#### TASK DETAILS:
With "waiting" as the search word, show every line of the material that has it.

#### INFORMATION SHOWN:
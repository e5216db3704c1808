//! The loop of saturation: a fact is taken, what follows from it and the table is put in, and each new fact waits.
ghost use Rattle.std.specs.Prelude.{◌≡◌, ◌<◌, ◌^◌, length, IfOk, IfErr};
ghost use Rattle.el_numbers.specs.Proper.{IsProper};
ghost use Rattle.el_numbers.specs.Saturated.{IsSaturated, IsFault};
ghost use Rattle.el_numbers.specs.inner.Indexes.{IsIndexed};
ghost use Rattle.el_numbers.specs.inner.Going.{IsUnderWay, starts};
ghost use Rattle.el_numbers.specs.inner.Storing.{IsLinked, IsCounted, state_of};

use crate::conclude::conclude;
use crate::index::{Indexes, indexes_of};
use crate::met::Met;
use crate::part::THING;
use crate::storing::{FactRows, no_facts, put_all};
use crate::{Fact, NumberedPart, SaturationFault, Table};
use hash_key::HashKey;
use std::alloc::{AllocError, Global};

/// The facts that need no premise.
fn start(alloc: Global, count: u32) -> Result<Vec<Fact>, AllocError>
    ensures { IfOk result (λ out. out.items ≡ starts count) }
{
    let mut out = Vec::new(alloc);
    for c in 0..count {
        out.push(Fact::Below(c, c))?;
        out.push(Fact::Below(c, THING))?;
    }
    Ok(out)
}

/// The rows of the derived facts.
fn saturated_rows(
    alloc: Global,
    hash_key: HashKey,
    part: &NumberedPart,
    indexes: &Indexes,
    limit: u64,
) -> Result<FactRows, SaturationFault>
    requires proper { IsProper part.now }
    requires indexed { IsIndexed part.now indexes.now }
    ensures linked { IfOk result (λ rows. IsLinked rows) }
    ensures counted { IfOk result (λ rows. IsCounted rows) }
    ensures ok { IfOk result (λ rows. IsSaturated part.now limit (state_of rows)) }
    ensures err { IfErr result (λ e. IsFault part.now limit e) }
{
    let count = part.shapes.len() as u32;
    let mut rows = no_facts(alloc, hash_key, count)?;
    let mut met = Met::new(alloc, hash_key);
    let mut waiting = Vec::new(alloc);
    let mut out = start(alloc, count)?;
    put_all(&mut rows, &mut waiting, out.as_slice(), limit)?;
    while let Some(fact) = waiting.pop() {
        out.clear();
        conclude(part, indexes, &rows, &mut met, fact, &mut out)?;
        put_all(&mut rows, &mut waiting, out.as_slice(), limit)?;
    }
    Ok(rows)
}

/// The table of exactly the derived facts, or, where they number more than the limit, the fault that says so: never
/// both, as `answers_exclude` says. Where memory runs out, neither.
pub fn saturate(
    alloc: Global,
    hash_key: HashKey,
    part: &NumberedPart,
    limit: u64,
) -> Result<Table, SaturationFault>
    requires proper { IsProper part.now }
    ensures ok { IfOk result (λ table. IsSaturated part.now limit table) }
    ensures err { IfErr result (λ fault. IsFault part.now limit fault) }
{
    let indexes = indexes_of(alloc, part)?;
    let rows = saturated_rows(alloc, hash_key, part, &indexes, limit)?;
    Ok(Table::of(rows))
}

#### RESULT BELOW:
    let mut waiting = Vec::new(alloc);
    put_all(&mut rows, &mut waiting, out.as_slice(), limit)?;
    while let Some(fact) = waiting.pop() {
        put_all(&mut rows, &mut waiting, out.as_slice(), limit)?;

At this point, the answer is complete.